- Utilities Have the Weakest Intermediate-Term Breadth
- NYSE Advance/Decline Metrics Remain Under Pressure
- Uptick in New Lows for a Second Consecutive Week on the NYSE
- S&P 500 Breadth is More Resilient
- Small Caps Remains the Worst of the Bunch
Chart in Focus:
While the equity market has been under pressure for the past week and half, breadth has weakened as well for the most part (see charts below). However, it is interesting to note that at the sector level, the group with the lowest percentage of stocks above their respective 50-day moving averages is the defensive Utilities sector. Roughly 32% of the stocks in the sector are above this measure of the intermediate-term trend. At the same time, the Utilities Index is in the process of testing its own 50-day moving average.
The S&P 500 once again paid a visit to the 50-day moving average and, once again, this measure of the intermediate-term trend held as support. For the NYSE Advance/Decline Line, the 50-day moving average has proven to be resistance. After a brief trip above, the A/D Line has moved back below the moving average and continues to diverge with price.
The same dynamic is also true for the NYSE’s Advancing – Declining Volume Line. This metric is battling a declining 50-day moving average and has not been able to get above it. At the same time, it continues to diverge with price.
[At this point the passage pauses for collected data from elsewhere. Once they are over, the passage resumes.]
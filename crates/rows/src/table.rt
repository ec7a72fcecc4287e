// The instruction table: a constant for each row, and all of them in their order.
ghost use Rattle.std.specs.Prelude.{◌≡◌, ◌<◌};
ghost use Rattle.rows.specs.Rows.{row_of, row_count};
ghost use Rattle.rows.specs.Served.Table.{row_words, table};

// How many rows there are.
pub const ROWS: usize = 77;

// A row of the table, in numbers.
#[derive(Clone, Copy, Debug, PartialEq, Eq)]
pub struct Row {
    pub opcode: u64,
    // the secondary opcode
    pub second: u64,
    // the bits that are the same in all of its words
    pub fixed_bits: u64,
    pub shape: u64,
    pub modifiers: u64,
    // what modifiers may not hold, and their defaults
    pub limits: u64,
    // the bits that may not be 1 together with the next one
    pub pairs: u64,
}

// A row on one line: its numbers in the order of the fields.
macro_rules! row {
    ($opcode:expr, $second:expr, $fixed_bits:expr, $shape:expr, $modifiers:expr, $limits:expr, $pairs:expr) => {
        Row {
            opcode: $opcode,
            second: $second,
            fixed_bits: $fixed_bits,
            shape: $shape,
            modifiers: $modifiers,
            limits: $limits,
            pairs: $pairs,
        }
    };
}

// Shapes. Bits 0 to 31: the sources' bits. Bit 32: there is an offset. From bit 33 the lowest bit of the secondary opcode, from bit 39 its
// width. Bit 47: there is no destination. ONE_5: one source, and a secondary opcode of five bits.
const BARE: u64 = 1 << 47;

// Of the branch, and of the discard.
const JUMP: u64 = ONE | OFFSET | BARE;

const TEST: u64 = TWO | BARE;

const OFFSET: u64 = 1 << 32;

const ONE: u64 = 0xFF;

const TWO: u64 = 0xFFFF;

const TRI: u64 = 0xFFFFFF;

const FOUR: u64 = 0xFFFFFFFF;

const ONE_5: u64 = ONE | 16 << 33 | 5 << 39;

const ONE_4: u64 = ONE | 16 << 33 | 4 << 39;

const TWO_4: u64 = TWO | 16 << 33 | 4 << 39;

const TRI_4: u64 = TRI | 24 << 33 | 4 << 39;

const TRI2: u64 = TRI | 24 << 33 | 2 << 39;

// Modifiers: four bits for each, by lowest bit (8, 10, 11, 24, 26, 28, 30, 32, 34 to 39), with its width. The names are the paper's
// letters; a letter once is for source 0, twice for sources 0 and 1.
const R: u64 = 2 << 24;

const T: u64 = R;

const SAT: u64 = 1 << 24;

const N: u64 = 1 << 48 | 1 << 52;

const NN: u64 = N | 1 << 40 | 1 << 44;

const NNN: u64 = NN | 1 << 32 | 1 << 36;

const F: u64 = 2 << 20;

const FF: u64 = F | 2 << 16;

const H: u64 = F;

const HH: u64 = FF;

const HHH: u64 = HH | 2 << 12;

const LANE: u64 = F;

const BIT: u64 = 1 << 20;

const W32: u64 = 4 << 40;

const WW32: u64 = W32 | 4 << 16;

const W16: u64 = W32;

const WW16: u64 = WW32;

const WW8: u64 = WW32;

const HALVES: u64 = W32;

const C: u64 = 3 << 28;

const I: u64 = C;

const X: u64 = 2 << 28;

const CLAMP: u64 = X;

const FLUSH: u64 = 2 | 1 << 4 | 1 << 8;

const BRANCH: u64 = 1 << 36 | 1 << 40 | 3 << 44;

// What modifiers may not hold, by the same letters: the values of bits 26 to 29 that are illegal, and from bit 16 up those of bits 36 to 39.
// From bit 32 up the defaults, as they stand in a word from bit 24 up.
const L_F: u64 = 0xF000;

const L_FF: u64 = L_F | 0x8888;

const L_H: u64 = 2 << 36;

const L_HH: u64 = L_H | 2 << 34;

const L_HHH: u64 = L_HH | 2 << 32;

const L_W32: u64 = 0xFF02 << 16;

const L_WW32: u64 = L_W32 | 0xFF02;

const L_W16: u64 = 0xC000 << 16 | 2 << 44;

const L_WW16: u64 = L_W16 | 0xC000 | 2 << 34;

const L_WW8: u64 = 0xF000 << 16 | 0xF000;

const L_X: u64 = 1 << 40;

const L_COMBINE: u64 = 0xFC00 << 16;

// Bits that may not be 1 together with the next one: of the NaN mode, and of a condition of integers.
const P_N: u64 = 1 << 8;

const P_I: u64 = 1 << 33;

// The rows, as the paper lists them.
pub const NOP: Row = row!(0x00, 0, 0x81FFFFFFFFFFFFFF, BARE, 0, 0, 0);

pub const BRANCHZ: Row = row!(0x1F, 0, 0x81FFFF0000000000, JUMP, BRANCH, L_COMBINE, 0);

pub const DISCARD_F32: Row = row!(0x20, 0, 0x81FFFF08C3FF0000, TEST, NN | FF | C, L_FF, 0);

pub const CSEL_F32: Row = row!(0x154, 0, 0x81FF00F800000000, FOUR, C, 0, 0);

pub const CSEL_V2F16: Row = row!(0x155, 0, 0x81FF00F800000000, FOUR, C, 0, 0);

pub const V2S16_TO_V2F16: Row = row!(0x90, 0x7, 0x81FF000F3FFFFF00, ONE_5, R | W16, L_W16, 0);

pub const V2U16_TO_V2F16: Row = row!(0x90, 0x17, 0x81FF000F3FFFFF00, ONE_5, R | W16, L_W16, 0);

pub const S32_TO_F32: Row = row!(0x90, 0x9, 0x81FF000F3FFFFF00, ONE_5, R | W32, L_W32, 0);

pub const U32_TO_F32: Row = row!(0x90, 0x19, 0x81FF000F3FFFFF00, ONE_5, R | W32, L_W32, 0);

pub const S16_TO_S32: Row = row!(0x90, 0x4, 0x81FF00FFCFFFFF00, ONE_5, H, L_H, 0);

pub const S16_TO_F32: Row = row!(0x90, 0x5, 0x81FF00FFCFFFFF00, ONE_5, H, L_H, 0);

pub const U16_TO_U32: Row = row!(0x90, 0x14, 0x81FF00FFCFFFFF00, ONE_5, H, L_H, 0);

pub const U16_TO_F32: Row = row!(0x90, 0x15, 0x81FF00FFCFFFFF00, ONE_5, H, L_H, 0);

pub const F32_TO_S32: Row = row!(0x90, 0xC, 0x81FF003F3FFFFF00, ONE_5, R | N, 0, 0);

pub const F32_TO_U32: Row = row!(0x90, 0x1C, 0x81FF003F3FFFFF00, ONE_5, R | N, 0, 0);

pub const V2F16_TO_V2S16: Row = row!(0x90, 0xE, 0x81FF003F0FFFFF00, ONE_5, R | N | H, L_H, 0);

pub const V2F16_TO_V2U16: Row = row!(0x90, 0x1E, 0x81FF003F0FFFFF00, ONE_5, R | N | H, L_H, 0);

pub const F16_TO_S32: Row = row!(0x90, 0xA, 0x81FF003F0FFFFF00, ONE_5, R | N | H, L_H, 0);

pub const F16_TO_U32: Row = row!(0x90, 0x1A, 0x81FF003F0FFFFF00, ONE_5, R | N | H, L_H, 0);

pub const F16_TO_F32: Row = row!(0x90, 0xB, 0x81FF003F2FFFFF00, ONE_5, R | N | BIT, 0, 0);

pub const S8_TO_S32: Row = row!(0x90, 0x0, 0x81FF00FFCFFFFF00, ONE_5, LANE, 0, 0);

pub const S8_TO_F32: Row = row!(0x90, 0x1, 0x81FF00FFCFFFFF00, ONE_5, LANE, 0, 0);

pub const U8_TO_U32: Row = row!(0x90, 0x10, 0x81FF00FFCFFFFF00, ONE_5, LANE, 0, 0);

pub const U8_TO_F32: Row = row!(0x90, 0x11, 0x81FF00FFCFFFFF00, ONE_5, LANE, 0, 0);

pub const V2S8_TO_V2S16: Row = row!(0x90, 0x2, 0x81FF000FFFFFFF00, ONE_5, HALVES, 0, 0);

pub const V2S8_TO_V2F16: Row = row!(0x90, 0x3, 0x81FF000FFFFFFF00, ONE_5, HALVES, 0, 0);

pub const V2U8_TO_V2U16: Row = row!(0x90, 0x12, 0x81FF000FFFFFFF00, ONE_5, HALVES, 0, 0);

pub const V2U8_TO_V2F16: Row = row!(0x90, 0x13, 0x81FF000FFFFFFF00, ONE_5, HALVES, 0, 0);

pub const FROUND_F32: Row = row!(0x90, 0xD, 0x81FF003F0FFFFF00, ONE_5, R | N | F, L_F, 0);

pub const FROUND_V2F16: Row = row!(0x90, 0xF, 0x81FF003F0FFFFF00, ONE_5, R | N | H, L_H, 0);

pub const MOV_I32: Row = row!(0x91, 0, 0x81FF00FFFFFFFF00, ONE_4, 0, 0, 0);

pub const CLZ_U32: Row = row!(0x91, 4, 0x81FF00FFFFFFFF00, ONE_4, 0, 0, 0);

pub const CLZ_V2U16: Row = row!(0x91, 5, 0x81FF00FFCFFFFF00, ONE_4, H, L_H, 0);

pub const CLZ_V4U8: Row = row!(0x91, 6, 0x81FF00FFFFFFFF00, ONE_4, 0, 0, 0);

pub const IABS_S32: Row = row!(0x91, 8, 0x81FF000FFFFFFF00, ONE_4, W32, L_W32, 0);

pub const IABS_V2S16: Row = row!(0x91, 9, 0x81FF000FFFFFFF00, ONE_4, W16, L_W16, 0);

pub const IABS_V4S8: Row = row!(0x91, 10, 0x81FF00FFFFFFFF00, ONE_4, 0, 0, 0);

pub const POPCOUNT_I32: Row = row!(0x91, 12, 0x81FF00FFFFFFFF00, ONE_4, 0, 0, 0);

pub const BITREV_I32: Row = row!(0x91, 13, 0x81FF00FFFFFFFF00, ONE_4, 0, 0, 0);

pub const NOT_OLD_I32: Row = row!(0x91, 14, 0x81FF00FFFFFFFF00, ONE_4, 0, 0, 0);

pub const FLUSH_F32: Row = row!(0x98, 0, 0x81FF003FCFFFF000, ONE_4, N | FLUSH | F, L_F, P_N);

pub const FLUSH_V2F16: Row = row!(0x98, 1, 0x81FF003FCFFFF000, ONE_4, N | FLUSH | H, L_H, P_N);

pub const FRCP_F32: Row = row!(0x9C, 0, 0x81FF003FCFFFFF00, ONE_4, N | F, L_F, 0);

pub const FRSQ_F32: Row = row!(0x9C, 2, 0x81FF003FCFFFFF00, ONE_4, N | F, L_F, 0);

pub const FLOGD_F32: Row = row!(0x9C, 8, 0x81FF003FCFFFFF00, ONE_4, N | F, L_F, 0);

pub const FPCLASS_F32: Row = row!(0x9C, 10, 0x81FF003FCFFFFF00, ONE_4, N | F, L_F, 0);

pub const FLOG_TABLE_F32: Row = row!(0x9C, 12, 0x81FF003FCFFFFF00, ONE_4, N | F, L_F, 0);

pub const FRCP_APPROX_F32: Row = row!(0x9C, 14, 0x81FF003FCFFFFF00, ONE_4, N | F, L_F, 0);

pub const FRSQ_APPROX_F32: Row = row!(0x9C, 15, 0x81FF003FCFFFFF00, ONE_4, N | F, L_F, 0);

pub const FSIN_TABLE_U6: Row = row!(0x9C, 4, 0x81FF00FFFFFFFF00, ONE_4, 0, 0, 0);

pub const FCOS_TABLE_U6: Row = row!(0x9C, 5, 0x81FF00FFFFFFFF00, ONE_4, 0, 0, 0);

pub const FSINCOS_OFFSET_U6: Row = row!(0x9C, 6, 0x81FF00FFFFFFFF00, ONE_4, 0, 0, 0);

pub const FEXP_TABLE_U4: Row = row!(0x9C, 13, 0x81FF00FFFFFFFF00, ONE_4, 0, 0, 0);

pub const FADD_F32: Row = row!(0xA4, 0, 0x81FF000CC3FF0000, TWO_4, NN | CLAMP | FF, L_FF, 0);

pub const FADD_V2F16: Row = row!(0xA5, 0, 0x81FF000CC3FF0000, TWO_4, NN | CLAMP | HH, L_HH, 0);

pub const MUX_I32: Row = row!(0xB8, 0, 0x81FF00FCFF000000, TRI, X, L_X, 0);

pub const MUX_V2I16: Row = row!(0xB9, 0, 0x81FF00FCC0000000, TRI, X | HHH, L_X | L_HHH, 0);

pub const MUX_V4I8: Row = row!(0xBA, 0, 0x81FF00FCFF000000, TRI, X, L_X, 0);

pub const CUBE_SSEL: Row = row!(0xBC, 0, 0x81FF000FFF000000, TRI_4, NN, 0, 0);

pub const CUBE_TSEL: Row = row!(0xBC, 1, 0x81FF000FFF000000, TRI_4, NN, 0, 0);

pub const CUBEFACE1: Row = row!(0xC0, 0, 0x81FF0003FF000000, TRI, NNN, 0, 0);

pub const CUBEFACE2_V9: Row = row!(0xC1, 0, 0x81FF0003FF000000, TRI, NNN, 0, 0);

pub const IDP_V4S8: Row = row!(0xC2, 0, 0x81FF00FFBF000000, TRI_4, SAT, 0, 0);

pub const IDP_V4U8: Row = row!(0xC2, 1, 0x81FF00FFBF000000, TRI_4, SAT, 0, 0);

pub const ICMP_OR_U32: Row = row!(0xF0, 0, 0x81FF000803000000, TRI2, I | T | WW32, L_WW32, P_I);

pub const ICMP_OR_V2U16: Row = row!(0xF1, 0, 0x81FF000803000000, TRI2, I | T | WW16, L_WW16, P_I);

pub const ICMP_OR_V4U8: Row = row!(0xF2, 0, 0x81FF000803000000, TRI2, I | T | WW8, L_WW8, P_I);

pub const ICMP_AND_U32: Row = row!(0xF0, 1, 0x81FF000803000000, TRI2, I | T | WW32, L_WW32, P_I);

pub const ICMP_AND_V2U16: Row = row!(0xF1, 1, 0x81FF000803000000, TRI2, I | T | WW16, L_WW16, P_I);

pub const ICMP_AND_V4U8: Row = row!(0xF2, 1, 0x81FF000803000000, TRI2, I | T | WW8, L_WW8, P_I);

pub const FCMP_OR_F32: Row = row!(0xF4, 0, 0x81FF000803000000, TRI2, C | T | NN | FF, L_FF, 0);

pub const FCMP_OR_V2F16: Row = row!(0xF5, 0, 0x81FF000803000000, TRI2, C | T | NN | HH, L_HH, 0);

pub const FCMP_AND_F32: Row = row!(0xF4, 1, 0x81FF000803000000, TRI2, C | T | NN | FF, L_FF, 0);

pub const FCMP_AND_V2F16: Row = row!(0xF5, 1, 0x81FF000803000000, TRI2, C | T | NN | HH, L_HH, 0);

pub const ICMP_OR_S32: Row = row!(0xF8, 0, 0x81FF000803000000, TRI2, I | T | WW32, L_WW32, P_I);

pub const ICMP_OR_V2S16: Row = row!(0xF9, 0, 0x81FF000803000000, TRI2, I | T | WW16, L_WW16, P_I);

pub const ICMP_OR_V4S8: Row = row!(0xFA, 0, 0x81FF000803000000, TRI2, I | T | WW8, L_WW8, P_I);

pub const TABLE: [Row; ROWS] = [
    NOP,
    BRANCHZ,
    DISCARD_F32,
    CSEL_F32,
    CSEL_V2F16,
    V2S16_TO_V2F16,
    V2U16_TO_V2F16,
    S32_TO_F32,
    U32_TO_F32,
    S16_TO_S32,
    S16_TO_F32,
    U16_TO_U32,
    U16_TO_F32,
    F32_TO_S32,
    F32_TO_U32,
    V2F16_TO_V2S16,
    V2F16_TO_V2U16,
    F16_TO_S32,
    F16_TO_U32,
    F16_TO_F32,
    S8_TO_S32,
    S8_TO_F32,
    U8_TO_U32,
    U8_TO_F32,
    V2S8_TO_V2S16,
    V2S8_TO_V2F16,
    V2U8_TO_V2U16,
    V2U8_TO_V2F16,
    FROUND_F32,
    FROUND_V2F16,
    MOV_I32,
    CLZ_U32,
    CLZ_V2U16,
    CLZ_V4U8,
    IABS_S32,
    IABS_V2S16,
    IABS_V4S8,
    POPCOUNT_I32,
    BITREV_I32,
    NOT_OLD_I32,
    FLUSH_F32,
    FLUSH_V2F16,
    FRCP_F32,
    FRSQ_F32,
    FLOGD_F32,
    FPCLASS_F32,
    FLOG_TABLE_F32,
    FRCP_APPROX_F32,
    FRSQ_APPROX_F32,
    FSIN_TABLE_U6,
    FCOS_TABLE_U6,
    FSINCOS_OFFSET_U6,
    FEXP_TABLE_U4,
    FADD_F32,
    FADD_V2F16,
    MUX_I32,
    MUX_V2I16,
    MUX_V4I8,
    CUBE_SSEL,
    CUBE_TSEL,
    CUBEFACE1,
    CUBEFACE2_V9,
    IDP_V4S8,
    IDP_V4U8,
    ICMP_OR_U32,
    ICMP_OR_V2U16,
    ICMP_OR_V4U8,
    ICMP_AND_U32,
    ICMP_AND_V2U16,
    ICMP_AND_V4U8,
    FCMP_OR_F32,
    FCMP_OR_V2F16,
    FCMP_AND_F32,
    FCMP_AND_V2F16,
    ICMP_OR_S32,
    ICMP_OR_V2S16,
    ICMP_OR_V4S8,
];

// The numbers of a row.
pub fn row_at(row: usize) -> Row
    requires { row < row_count }
    ensures { result ≡ row_words (row_of row) }
{
    TABLE[row]
}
The 5-day moving averages of issues on the NYSE making new 52-week and six-month lows continued to move higher this week. If yesterday’s rebound in the equity markets is going to have staying power, we would expect to see these metrics quickly move back below 1%.
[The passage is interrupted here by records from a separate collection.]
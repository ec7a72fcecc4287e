// The names of the rows, as the lister writes them.
ghost use Rattle.std.specs.Prelude.{◌≡◌, ◌<◌};
ghost use Rattle.rows.specs.Rows.{row_count};
ghost use Rattle.rows.specs.Names.{before_space, filled, name, name_of, names};

use crate::table;

// Room for the longest name.
pub const WIDTH: usize = 18;

// A name, with spaces after it, and its length.
#[derive(Clone, Copy, Debug, PartialEq, Eq)]
pub struct Name {
    pub bytes: [u8; WIDTH],
    pub len: u8,
}

// The names, one after another, each filled with spaces.
const NAMES: [u8; WIDTH * table::ROWS] = *b"\
    NOP               \
    BRANCHZ           \
    DISCARD.f32       \
    CSEL.f32          \
    CSEL.v2f16        \
    V2S16_TO_V2F16    \
    V2U16_TO_V2F16    \
    S32_TO_F32        \
    U32_TO_F32        \
    S16_TO_S32        \
    S16_TO_F32        \
    U16_TO_U32        \
    U16_TO_F32        \
    F32_TO_S32        \
    F32_TO_U32        \
    V2F16_TO_V2S16    \
    V2F16_TO_V2U16    \
    F16_TO_S32        \
    F16_TO_U32        \
    F16_TO_F32        \
    S8_TO_S32         \
    S8_TO_F32         \
    U8_TO_U32         \
    U8_TO_F32         \
    V2S8_TO_V2S16     \
    V2S8_TO_V2F16     \
    V2U8_TO_V2U16     \
    V2U8_TO_V2F16     \
    FROUND.f32        \
    FROUND.v2f16      \
    MOV.i32           \
    CLZ.u32           \
    CLZ.v2u16         \
    CLZ.v4u8          \
    IABS.s32          \
    IABS.v2s16        \
    IABS.v4s8         \
    POPCOUNT.i32      \
    BITREV.i32        \
    NOT_OLD.i32       \
    FLUSH.f32         \
    FLUSH.v2f16       \
    FRCP.f32          \
    FRSQ.f32          \
    FLOGD.f32         \
    FPCLASS.f32       \
    FLOG_TABLE.f32    \
    FRCP_APPROX.f32   \
    FRSQ_APPROX.f32   \
    FSIN_TABLE.u6     \
    FCOS_TABLE.u6     \
    FSINCOS_OFFSET.u6 \
    FEXP_TABLE.u4     \
    FADD.f32          \
    FADD.v2f16        \
    MUX.i32           \
    MUX.v2i16         \
    MUX.v4i8          \
    CUBE_SSEL         \
    CUBE_TSEL         \
    CUBEFACE1         \
    CUBEFACE2_V9      \
    IDP.v4s8          \
    IDP.v4u8          \
    ICMP_OR.u32       \
    ICMP_OR.v2u16     \
    ICMP_OR.v4u8      \
    ICMP_AND.u32      \
    ICMP_AND.v2u16    \
    ICMP_AND.v4u8     \
    FCMP_OR.f32       \
    FCMP_OR.v2f16     \
    FCMP_AND.f32      \
    FCMP_AND.v2f16    \
    ICMP_OR.s32       \
    ICMP_OR.v2s16     \
    ICMP_OR.v4s8      \
";

// The names of all rows, for a caller to make once and lend.
pub fn all() -> [u8; WIDTH * table::ROWS]
    ensures { result ≡ names }
{
    NAMES
}

// How many bytes stand before the first space.
fn before_space(s: [u8; WIDTH]) -> u8
    ensures { result ≡ before_space s }
{
    s.iter().position(|b| *b == b' ').unwrap_or(s.len()) as u8
}

// The bytes of a row's name, with spaces after it.
#[tactic(auto, using(crate::proofs::NameLaws::name_in))]
fn bytes_of(row: usize) -> [u8; WIDTH]
    requires { row < row_count }
    ensures { result ≡ filled (name_of row) }
{
    let start = row * WIDTH;
    all()[start..start + WIDTH].try_into().unwrap()
}

// The name of a row; of length 0 where there is no such row, as the definition `name_of` has none there.
pub fn of_row(row: usize) -> Name
    ensures { result ≡ name row }
{
    if table::ROWS <= row {
        return Name {
            bytes: [b' '; WIDTH],
            len: 0,
        };
    }
    let bytes = bytes_of(row);
    Name {
        bytes,
        len: before_space(bytes),
    }
}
The 5-day moving averages of the percentage of NYSE issues making new six-month and 52-week highs has moved lower again this week. The case can be made that there is also a divergence in these metrics as the moving averages have been trending to the downside as the S&P 500 has been steadily grinding higher.
We often try to save the word “textbook” for perfect uptrends. However, the description applies to downtrends as well, and the percentage of NYSE Issues trading above their respective 200-day moving averages is in a textbook downtrend. The series of lower highs and lower lows has been in place for the majority of 2021 despite the textbook uptrend for the S&P 500.
The percentage of NYSE issues trading above their own 50-day moving averages is flat over the past week after a false breakout in late-August. This is a somewhat encouraging development as is the fact that this metric has been making higher lows of late.
The percentage of stocks trading above their respective 20-day moving averages is also flat over the past week and has also been making higher lows. The S&P 500 is in the process of turning higher to reclaim its own 20-day moving average.
S&P 500 Breadth
Breadth metrics for the S&P 500 are mixed over the past week, with the short-term data taking more of a hit than the long-term data.
- Advance/Decline Line: Holding its 50-day moving average, same as the index.
- Percent Above Their 200-Day Moving Average: 74% from 73% last week.
- Percent Above Their 50-Day Moving Average: 52% from 58% last week.
- Percent Above Their 20-Day Moving Average: 41% from 48% last week.
Small Cap Breadth
Breadth metrics for the S&P 600 Small Cap Index have weakened further this week.
- Advance/Decline Line: Below the 50-day moving average, another test of support.
- Percent Above Their 200-Day Moving Average: 48% from 54% last week.
- Percent Above Their 50-Day Moving Average: 38% from 44% last week.
- Percent Above Their 20-Day Moving Average: 33% from 41% last week.
As we would expect after more than a week of selling pressure, breadth metrics have mostly weakened. The S&P 500’s stats have held up the best and the index has once again found support at the rising 50-day moving average. Small Caps remains the weakest and the metrics have ticked lower over the past week. Across the board, divergences remain in place, prompting the question, “how long can they last”?